The first is that it breaks down assumptions behind the incentive function of patents. With a global death toll exceeding 1,000,000 and testing the elasticity of the social contract fabric, there is no longer an incentive to innovate but a humanitarian imperative. Dwarfing the mortality rates of Ebola and H1N1, Sars-Cov-2 poses an aggressive threat to human health and an existential challenge to globalisation. The global exit-strategy hinges on an eventual vaccine, as do the fates of vulnerable demographics, services, supply chains and healthcare workers. According to Dr Siva Thambisetty, an expert of IP law at The London School of Economics and Political Science, “It is hard to imagine why a commercial incentive is necessary when the benefit in terms of lives saved far outweighs the economic utility of a profitable pharmaceutical. What the pandemic shows us is that humanitarian motives are rational, and we must devise a system that amplifies, rather than suppresses these.” Much like the thousands of suspect cases, the conceptual basis of pandemic patents must no longer go untested by the European authorities.

The second reason why this pandemic is patently different is the inequity to low-income countries. The transnational, winner-takes-all patent system created by The Agreement on Trade-Related Aspects of Intellectual Property Rights (‘TRIPS’) enforces patent-holders’ rights abroad, with a narrow carve-out in the Doha Declaration. This has enabled the British behemoth AstraZeneca to cash in $750m from its licensing deal with the Coalition for Epidemic Preparedness Innovations (Cepi) and Gavi, the Vaccine Alliance that immunises the world’s poorest children.

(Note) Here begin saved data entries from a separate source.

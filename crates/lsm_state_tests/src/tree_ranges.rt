// A tree's reads of many keys.
use crate::given::Turn::{Back, Front};
use crate::rows::Row;
use crate::rows::Row::{Counts, Does, Ends, Holds, Prefix, Range, Takes, Under};
use crate::samples::Edge::{In, Out};
use crate::samples::INDEX;
use crate::scripts::Part::Plays;
use crate::scripts::{Script, play_all};
use crate::steps::Step::{Insert, Remove};
use crate::steps::Told::Sizes;

/// Keys 1, 3 and 5, at 0, 1 and 2, each of 1 + 1 + 48 bytes.
const ODD: [Row; 3] = [
    Does(Insert("1", "a", 0), Sizes((50, 50))),
    Does(Insert("3", "b", 1), Sizes((50, 100))),
    Does(Insert("5", "c", 2), Sizes((50, 150))),
];

const COUNTS: [Script; 4] = [
    ("a new tree shows nothing", &[Plays(&[Counts(0, 0)])]),
    (
        "counts keys and finds the ends",
        &[Plays(&ODD), Plays(&[Counts(3, 3), Ends(3, "1", "5")])],
    ),
    // 1 + 8 + 48, and 1 + 48 after it.
    (
        "sizes are counted",
        &[Plays(&[
            Does(Insert("a", "my_value", 0), Sizes((57, 57))),
            Does(Remove("a", 1), Sizes((49, 106))),
            Holds("a", 1, Some(8)),
            Holds("b", 1, None),
            Holds("a", 2, None),
        ])],
    ),
    (
        "both ends meet",
        &[
            Plays(&ODD),
            Plays(&[Takes(3, &[Front("1"), Back("5"), Front("3"), Front("")])]),
        ],
    ),
];

const LISTS: [Script; 3] = [
    (
        "an index lies over the tree",
        &[Plays(&[
            Does(Insert("a", "x", 0), Sizes((50, 50))),
            Does(Insert("b", "y", 1), Sizes((50, 100))),
            Under(INDEX + 1, 2, "ao"),
            Under(INDEX, 2, "axby"),
        ])],
    ),
    (
        "a range keeps its bounds",
        &[
            Plays(&ODD),
            Plays(&[
                Range(In(b"1"), Out(b"5"), 3, "1a3b"),
                Range(Out(b"1"), In(b"5"), 3, "3b5c"),
                Range(In(b"5"), In(b"1"), 3, ""),
            ]),
        ],
    ),
    // Of the keys a begins two, and b one.
    (
        "a prefix takes the keys that begin so",
        &[Plays(&[
            Does(Insert("a", "1", 0), Sizes((50, 50))),
            Does(Insert("ab", "2", 1), Sizes((51, 101))),
            Does(Insert("b", "3", 2), Sizes((50, 151))),
            Prefix("a", 3, "a1ab2"),
            Prefix("ab", 3, "ab2"),
            Prefix("c", 3, ""),
            Prefix("", 3, "a1ab2b3"),
        ])],
    ),
];

#[test]
fn keys_are_counted_and_listed(rt: HostRuntime) {
    play_all(&rt, rt.alloc(), &COUNTS);
    play_all(&rt, rt.alloc(), &LISTS);
}
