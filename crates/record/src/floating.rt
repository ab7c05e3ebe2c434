// Kind 3, floating: currency, side, months (2), days (1), principal, coupon.
ghost use Rattle.std.specs.Prelude.{◌≡◌};
ghost use Rattle.paper.specs.Refusals.{checked_as};
ghost use Rattle.paper.specs.Records.{flows, currencies};
ghost use Rattle.paper.specs.Decode.{decode_floating};
ghost use Rattle.record.specs.Answers.{floating_of};

use crate::body::Body;
use fields::amounts::amount_at;
use fields::{days_at, months_at, side_at};
use paper::Fault;
use scales::Thousands;

#[derive(Clone, Copy)]
pub struct Floating {
    pub currency: u32,
    pub side: u32,
    pub months: u32,
    pub days: u32,
    pub principal: Thousands,
    pub coupon: Thousands,
}

pub fn decode_floating(body: Body<'_, 13>) -> Result<Floating, Fault>
    ensures { checked_as (λ s. flows s.currency (floating_of s)) result ≡ decode_floating currencies body.entry.bytes.now }
{
    let side = side_at(body.bytes, 1)?;
    let months = months_at(body.bytes, 2)?;
    let days = days_at(body.bytes, 4)?;
    let principal = amount_at(body.bytes, 5)?;
    let coupon = amount_at(body.bytes, 9)?;
    Ok(Floating {
        currency: body.currency,
        side,
        months,
        days,
        principal,
        coupon,
    })
}
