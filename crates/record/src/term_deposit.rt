// Kind 6, a term deposit: currency, share, 19 amounts. They are checked where they stand; the answer holds the fields before them.
ghost use Rattle.std.specs.Prelude.{◌≡◌};
ghost use Rattle.paper.specs.Refusals.{checked_as};
ghost use Rattle.paper.specs.Records.{flows, currencies};
ghost use Rattle.paper.specs.Decode.{decode_term_deposit};
ghost use Rattle.record.specs.Answers.{term_deposit_of};

use crate::body::Body;
use fields::amounts::amounts_at;
use fields::share_at;
use paper::Fault;

#[derive(Clone, Copy)]
pub struct TermDeposit {
    pub currency: u32,
    pub share: u32,
}

pub fn decode_term_deposit(body: Body<'_, 79>) -> Result<TermDeposit, Fault>
    ensures { checked_as (λ s. flows s.currency (term_deposit_of body.entry.bytes.now s)) result ≡ decode_term_deposit currencies body.entry.bytes.now }
{
    let share = share_at(body.bytes, 1)?;
    amounts_at(body.bytes, 3)?;
    Ok(TermDeposit {
        currency: body.currency,
        share,
    })
}
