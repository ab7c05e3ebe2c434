// Kind 7, an option add-on: currency, side (1 sold, 2 bought), six signed values, one for each scenario.
ghost use Rattle.std.specs.Prelude.{◌≡◌};
ghost use Rattle.paper.specs.Refusals.{checked_as};
ghost use Rattle.paper.specs.Records.{option, currencies};
ghost use Rattle.paper.specs.Decode.{decode_option};
ghost use Rattle.record.specs.Answers.{values_of};

use crate::body::Body;
use fields::options::option_at;
use fields::side_at;
use paper::Fault;
use scales::SignedThousands;

#[derive(Clone, Copy)]
pub struct OptionAddOn {
    pub currency: u32,
    pub side: u32,
    pub up: SignedThousands,
    pub down: SignedThousands,
    pub steepener: SignedThousands,
    pub flattener: SignedThousands,
    pub short_up: SignedThousands,
    pub short_down: SignedThousands,
}

pub fn decode_option(body: Body<'_, 26>) -> Result<OptionAddOn, Fault>
    ensures { checked_as (λ s. option s.currency s.side (values_of s)) result ≡ decode_option currencies body.entry.bytes.now }
{
    let side = side_at(body.bytes, 1)?;
    let up = option_at(body.bytes, 2)?;
    let down = option_at(body.bytes, 6)?;
    let steepener = option_at(body.bytes, 10)?;
    let flattener = option_at(body.bytes, 14)?;
    let short_up = option_at(body.bytes, 18)?;
    let short_down = option_at(body.bytes, 22)?;
    Ok(OptionAddOn {
        currency: body.currency,
        side,
        up,
        down,
        steepener,
        flattener,
        short_up,
        short_down,
    })
}
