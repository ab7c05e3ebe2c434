// Kind 9, floating with a spread: kind 3's 13 bytes, then period (1), count (2), spread.
ghost use Rattle.std.specs.Prelude.{◌≡◌};
ghost use Rattle.paper.specs.Refusals.{checked_as};
ghost use Rattle.paper.specs.Records.{flows, currencies};
ghost use Rattle.paper.specs.Decode.{decode_floating_spread};
ghost use Rattle.record.specs.Answers.{floating_spread_of};

use crate::body::Body;
use crate::floating::{Floating, decode_floating};
use fields::amounts::amount_at;
use fields::{count_at, period_at};
use paper::Fault;
use scales::Thousands;

#[derive(Clone, Copy)]
pub struct FloatingSpread {
    pub floating: Floating,
    pub period: u32,
    pub count: u32,
    pub spread: Thousands,
}

// The last month is counted from the reset.
pub fn decode_floating_spread(body: Body<'_, 20>) -> Result<FloatingSpread, Fault>
    ensures { checked_as (λ s. flows s.floating.currency (floating_spread_of s)) result ≡ decode_floating_spread currencies body.entry.bytes.now }
{
    let floating = decode_floating(Body::new(&body.bytes[..13], body.currency))?;
    let period = period_at(body.bytes, 13)?;
    let count = count_at(floating.months, period, body.bytes, 14)?;
    let spread = amount_at(body.bytes, 16)?;
    Ok(FloatingSpread {
        floating,
        period,
        count,
        spread,
    })
}
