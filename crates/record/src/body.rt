// A record's body as its kind's decoder takes it: all its bytes, and the currency, which has been read.
ghost use Rattle.std.specs.Prelude.{◌≡◌};
ghost use Rattle.record.specs.Answers.{IsBody};

// Bodies of one kind have one length, `BYTES`.
#[derive(Clone, Copy)]
pub struct Body<'a, const BYTES: usize> {
    pub bytes: &'a [u8],
    pub currency: u32,
    pub ghost known: { IsBody BYTES currency bytes.now },
}

impl<'a, const BYTES: usize> Body<'a, BYTES> {
    pub fn new(bytes: &'a [u8], currency: u32) -> Self
        requires { IsBody BYTES currency bytes.now }
        ensures { (result.bytes.now ≡ bytes.now) × (result.currency ≡ currency) }
    {
        Body { bytes, currency }
    }
}
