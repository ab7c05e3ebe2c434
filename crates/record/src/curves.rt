// Kinds 8 and 10, a curve: currency and 19 signed rates, with three shocks that are typed (8) or listed (10). The rates are checked where they stand; the
// answer holds the other fields.
ghost use Rattle.std.specs.Prelude.{◌≡◌, ◌≤◌};
ghost use Rattle.paper.specs.Ladder.{buckets};
ghost use Rattle.paper.specs.Refusals.{checked_as};
ghost use Rattle.paper.specs.Records.{currencies};
ghost use Rattle.paper.specs.Decode.{drawn, decode_curve, decode_listed_curve};
ghost use Rattle.paper.specs.Sound.{Ranged, Listed};
ghost use Rattle.curve.specs.Shocked.{curve_of, Sized};
ghost use Rattle.record.specs.Answers.{curve_record, drawn_of};

use crate::body::Body;
use curve::first_out_of_range;
use fields::rates::rates_at;
use fields::{record_fault, shock_at};
use paper::{BUCKETS, Fault, Refusal, Shocks};
use published::listed_at;

#[derive(Clone, Copy)]
pub struct Curve {
    pub currency: u32,
    pub shocks: Shocks,
}

// Shocked rates come last. The rates begin at `from` in the body.
fn drawn(currency: u32, shocks: Shocks, rates: &[i64; BUCKETS], from: usize) -> Result<Curve, Fault>
    requires listed { Listed Ranged buckets rates.now }
    requires sized { Sized shocks × (from ≤ 5) }
    ensures { result ≡ drawn_of currency shocks (drawn currency (curve_of rates.now shocks) from) }
{
    if let Some(shocked) = first_out_of_range(rates, shocks) {
        return Err(Fault {
            cause: Refusal::OutOfRange,
            place: from + 1 + 4 * shocked,
        });
    }
    Ok(Curve { currency, shocks })
}

// Kind 8: parallel, short and long shock (2 each) after the rates. 12 where the currency has a curve already.
pub fn decode_curve(curved: bool, body: Body<'_, 83>) -> Result<Curve, Fault>
    ensures { checked_as (curve_record body.entry.bytes.now 1) result ≡ decode_curve currencies (λ _. curved) body.entry.bytes.now }
{
    if curved {
        return Err(record_fault(Refusal::SecondCurve));
    }
    let mut rates = [0i64; BUCKETS];
    rates_at(body.bytes, 1, &mut rates)?;
    let parallel = shock_at(body.bytes, 77)?;
    let short = shock_at(body.bytes, 79)?;
    let long = shock_at(body.bytes, 81)?;
    let shocks = Shocks {
        parallel,
        short,
        long,
    };
    drawn(body.currency, shocks, &rates, 1)
}

// Kind 10: edition (1) and code (3) before the rates. 12 likewise.
pub fn decode_listed_curve(curved: bool, body: Body<'_, 81>) -> Result<Curve, Fault>
    ensures { checked_as (curve_record body.entry.bytes.now 5) result ≡ decode_listed_curve currencies (λ _. curved) body.entry.bytes.now }
{
    if curved {
        return Err(record_fault(Refusal::SecondCurve));
    }
    let shocks = listed_at(body.bytes, 1)?;
    let mut rates = [0i64; BUCKETS];
    rates_at(body.bytes, 5, &mut rates)?;
    drawn(body.currency, shocks, &rates, 5)
}
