// The body of each kind, read field by field as the paper lays it out: the first refusal leaves at once (01, "Records" and "Turned down").
#![tactic(auto)]

pub mod body;
pub mod coupons;
pub mod curves;
pub mod deposit;
pub mod floating;
pub mod floating_spread;
pub mod loan;
pub mod option_add_on;
pub mod single;
pub mod term_deposit;
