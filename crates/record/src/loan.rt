// Kind 5, a prepayable loan: currency, share, 19 scheduled principals, 19 scheduled interests. The amounts are checked where they stand; the
// answer holds the fields before them.
ghost use Rattle.std.specs.Prelude.{◌≡◌};
ghost use Rattle.paper.specs.Refusals.{checked_as};
ghost use Rattle.paper.specs.Records.{flows, currencies};
ghost use Rattle.paper.specs.Decode.{decode_loan};
ghost use Rattle.record.specs.Answers.{loan_of};

use crate::body::Body;
use fields::amounts::amounts_at;
use fields::{record_fault, share_at};
use paper::{Fault, Refusal};
use rules::loan::interest_alone;

#[derive(Clone, Copy)]
pub struct Loan {
    pub currency: u32,
    pub share: u32,
}

pub fn decode_loan(body: Body<'_, 155>) -> Result<Loan, Fault>
    ensures { checked_as (λ s. flows s.currency (loan_of body.entry.bytes.now s)) result ≡ decode_loan currencies body.entry.bytes.now }
{
    let share = share_at(body.bytes, 1)?;
    let principal = amounts_at(body.bytes, 3)?;
    let interest = amounts_at(body.bytes, 79)?;
    if let Some(bare) = interest_alone(body.bytes, principal) {
        return Err(Fault {
            cause: Refusal::InterestAlone,
            place: 80 + 4 * bare,
        });
    }
    if 1000000000 < principal.0 + interest.0 {
        return Err(record_fault(Refusal::OverLimit));
    }
    Ok(Loan {
        currency: body.currency,
        share,
    })
}
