// Kind 2, fixed coupons: currency, side, period (1), count (2), coupon, principal.
ghost use Rattle.std.specs.Prelude.{◌≡◌};
ghost use Rattle.paper.specs.Refusals.{checked_as};
ghost use Rattle.paper.specs.Records.{flows, currencies};
ghost use Rattle.paper.specs.Decode.{decode_coupons};
ghost use Rattle.record.specs.Answers.{coupons_of};

use crate::body::Body;
use fields::amounts::amount_at;
use fields::{count_at, period_at, side_at};
use paper::Fault;
use scales::Thousands;

#[derive(Clone, Copy)]
pub struct Coupons {
    pub currency: u32,
    pub side: u32,
    pub period: u32,
    pub count: u32,
    pub coupon: Thousands,
    pub principal: Thousands,
}

pub fn decode_coupons(body: Body<'_, 13>) -> Result<Coupons, Fault>
    ensures { checked_as (λ s. flows s.currency (coupons_of s)) result ≡ decode_coupons currencies body.entry.bytes.now }
{
    let side = side_at(body.bytes, 1)?;
    let period = period_at(body.bytes, 2)?;
    let count = count_at(0, period, body.bytes, 3)?;
    let coupon = amount_at(body.bytes, 5)?;
    let principal = amount_at(body.bytes, 9)?;
    Ok(Coupons {
        currency: body.currency,
        side,
        period,
        count,
        coupon,
        principal,
    })
}
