// Kind 1, a single flow: currency, side, months (2), days (1), amount.
ghost use Rattle.std.specs.Prelude.{◌≡◌};
ghost use Rattle.paper.specs.Refusals.{checked_as};
ghost use Rattle.paper.specs.Records.{flows, currencies};
ghost use Rattle.paper.specs.Decode.{decode_single};
ghost use Rattle.record.specs.Answers.{single_of};

use crate::body::Body;
use fields::amounts::amount_at;
use fields::{days_at, months_at, side_at};
use paper::Fault;
use scales::Thousands;

#[derive(Clone, Copy)]
pub struct Single {
    pub currency: u32,
    pub side: u32,
    pub months: u32,
    pub days: u32,
    pub amount: Thousands,
}

pub fn decode_single(body: Body<'_, 9>) -> Result<Single, Fault>
    ensures { checked_as (λ s. flows s.currency (single_of s)) result ≡ decode_single currencies body.entry.bytes.now }
{
    let side = side_at(body.bytes, 1)?;
    let months = months_at(body.bytes, 2)?;
    let days = days_at(body.bytes, 4)?;
    let amount = amount_at(body.bytes, 5)?;
    Ok(Single {
        currency: body.currency,
        side,
        months,
        days,
        amount,
    })
}
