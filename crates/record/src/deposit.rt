// Kind 4, a non-maturity deposit: currency, category (1), total, 19 core amounts. The core is checked where it stands; the answer holds the
// fields before it.
ghost use Rattle.std.specs.Prelude.{◌≡◌};
ghost use Rattle.paper.specs.Refusals.{checked_as};
ghost use Rattle.paper.specs.Records.{flows, currencies};
ghost use Rattle.paper.specs.Decode.{decode_deposit};
ghost use Rattle.record.specs.Answers.{deposit_of};

use crate::body::Body;
use fields::amounts::{amount_at, amounts_at};
use fields::{category_at, record_fault};
use paper::{Fault, Refusal};
use rules::deposit::{above_cap, too_long, weighed_core};
use scales::Thousands;

#[derive(Clone, Copy)]
pub struct Deposit {
    pub currency: u32,
    pub category: u32,
    pub total: Thousands,
}

pub fn decode_deposit(body: Body<'_, 82>) -> Result<Deposit, Fault>
    ensures { checked_as (λ s. flows s.currency (deposit_of body.entry.bytes.now s)) result ≡ decode_deposit currencies body.entry.bytes.now }
{
    let category = category_at(body.bytes, 1)?;
    let total = amount_at(body.bytes, 2)?;
    let core = amounts_at(body.bytes, 6)?;
    if above_cap(category, total, core) {
        return Err(record_fault(Refusal::CoreAboveCap));
    }
    if too_long(category, core, weighed_core(body.bytes)) {
        return Err(record_fault(Refusal::CoreTooLong));
    }
    Ok(Deposit {
        currency: body.currency,
        category,
        total,
    })
}
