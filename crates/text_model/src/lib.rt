// The meaning of a text run, and theorems about it: nothing here runs.

#![tactic(auto)]
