// Lines, prefixes and leaves that take several states in one call.
//
// The states of the document, of flow and of constructs are called one after another. Where one look shows what several
// of them do (a prefix is taken as a whole, no container opens with a byte, a line is content), these functions do the
// same in one call; each has in its contract that it is a run of those states (`IsFlowRun`). A line of content is taken
// as a whole and ends in the same call; where its end can be read no attempt begins. The next line begins in it too.
// The pages of the states can be read without them.

ghost use Rattle.std.specs.Prelude.{OnOk, Some, false, is_err, length, true, ◌≡◌, ◌≤◌};
ghost use Rattle.std.specs.List.{All};
ghost use Rattle.md_engine.specs.Place.{IsPlaced};
ghost use Rattle.md_engine.specs.Scheme.{valid};
ghost use Rattle.md_engine.specs.World.{looks, world};
ghost use Rattle.md_engine.specs.declared.state.Name.{Name as StateName};
ghost use Rattle.md_engine.specs.declared.state.State.{State};
ghost use Rattle.md_engine.specs.declared.state.document.State.{State as DocumentState};
ghost use Rattle.md_at_once.specs.AtOnce.{EndsAtOnce, IsNoLabel, OpensNone, SeesAhead, IsVisible};
ghost use Rattle.md_at_once.specs.AtOnce.{IsFlowRun, IsRunInLine, IsShort, line_tried};
ghost use Rattle.md_registry.specs.AtOnce.{ContinuesAtOnce, asking_next, openers_passed};
ghost use Rattle.md_registry.specs.Flow.{existing_after_transition};
ghost use Rattle.md_registry.specs.LineFlags.{next_container};
ghost use Rattle.md_containers.specs.PlainBullet.{IsPlainBullet};
ghost use Rattle.md_registry.specs.Registry.{opener_front, openers};
ghost use Rattle.md_registry.specs.Flow.{leaf_end};
ghost use Rattle.md_registry.specs.States.{flow_table_scheme, is_flow_own};
ghost use Rattle.md_events.specs.Transition.{IsAt, NeedsNothing};
ghost use Rattle.md_engine.specs.declared.state.flow.State.{State as FlowState};
ghost use Rattle.md_engine.specs.declared.state.heading_atx.State.{State as HeadingState};
ghost use Rattle.md_engine.specs.declared.state.list_item.State.{State as ItemState};

use crate::line_ends::{end, leaf_end, line_end};
use crate::{fences, html_lines};
use md_containers::plain_item;
use md_content::content;
use md_engine::class::is_white;
use md_engine::event::Point;
use md_engine::message::Message;
use md_engine::or_error;
use md_engine::state::content::State as ContentState;
use md_engine::state::document::State as DocumentState;
use md_engine::state::flow::State as FlowState;
use md_engine::state::gfm_table::State as TableState;
use md_engine::state::heading_atx::State as HeadingState;
use md_engine::state::list_item::State as ItemState;
use md_engine::state::space_or_tab::State as WhiteState;
use md_engine::state::{Name as StateName, State};
use md_engine::tokenizer::{Container, Frame, Tokenizer};
use md_events::space_or_tab;
use md_flow::{constructs, document, flow};
use md_leaves::{blank_line, heading_atx};
use md_registry::choices;
use md_tables::row::{Row, place_of};
use md_tables::{gfm_table, row_words};

/// Whether the next container continues, with a prefix that can be taken at once.
fn continues_at_once(tokenizer: &mut Tokenizer) -> bool
    ensures proceeds { result ≡ true → ContinuesAtOnce (world tokenizer.old) }
    ensures same { world tokenizer.new ≡ world tokenizer.old }
{
    match document::next_container(tokenizer) {
        None => false,
        Some(container) => choices::has_plain_prefix(container, tokenizer),
    }
}

/// The next container is asked, if there is one.
fn ask_next(tokenizer: &mut Tokenizer)
    ensures { world tokenizer.new ≡ asking_next (world tokenizer.old) }
{
    match document::next_container(tokenizer) {
        None => {}
        Some(container) => document::ask(tokenizer, container),
    }
}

Subject to the discretion and definition of the patent-holder, however, in “public emergencies”, signatory states including Brazil, Malaysia, Pakistan, and the Philippines can request compulsory licences for their markets. Of course, they do not benefit from said inclusive membership of Eurocentric organisations like the IVA. But before they are legible to qualify for a compulsory license, they must prove an abuse of monopoly power – a legal and political improbability. Consequently, populous low-income countries not only lack medical resources to cope with the pandemic when it hits hardest, but financial resources to defend themselves – especially once adjusted for currency depreciation against the dollar.

Without funding from private creditors and the IMF, patent buy-outs are an unaffordable alternative. With funding, Big Pharma gets richer at the expense of emerging (and accumulating) distressed debt. One solution is suspending drug patents altogether, on the assumptions that Big Pharma absorbs all costs and simply acquiesces. The better solution, however, lies in expanding the Doha Declaration: reversing the burden of proof on the patent-holding state to prove why compulsory licences are not needed. Just like the advent of rent holidays for struggling companies, this Uno-reverse card offers licence holidays for struggling states.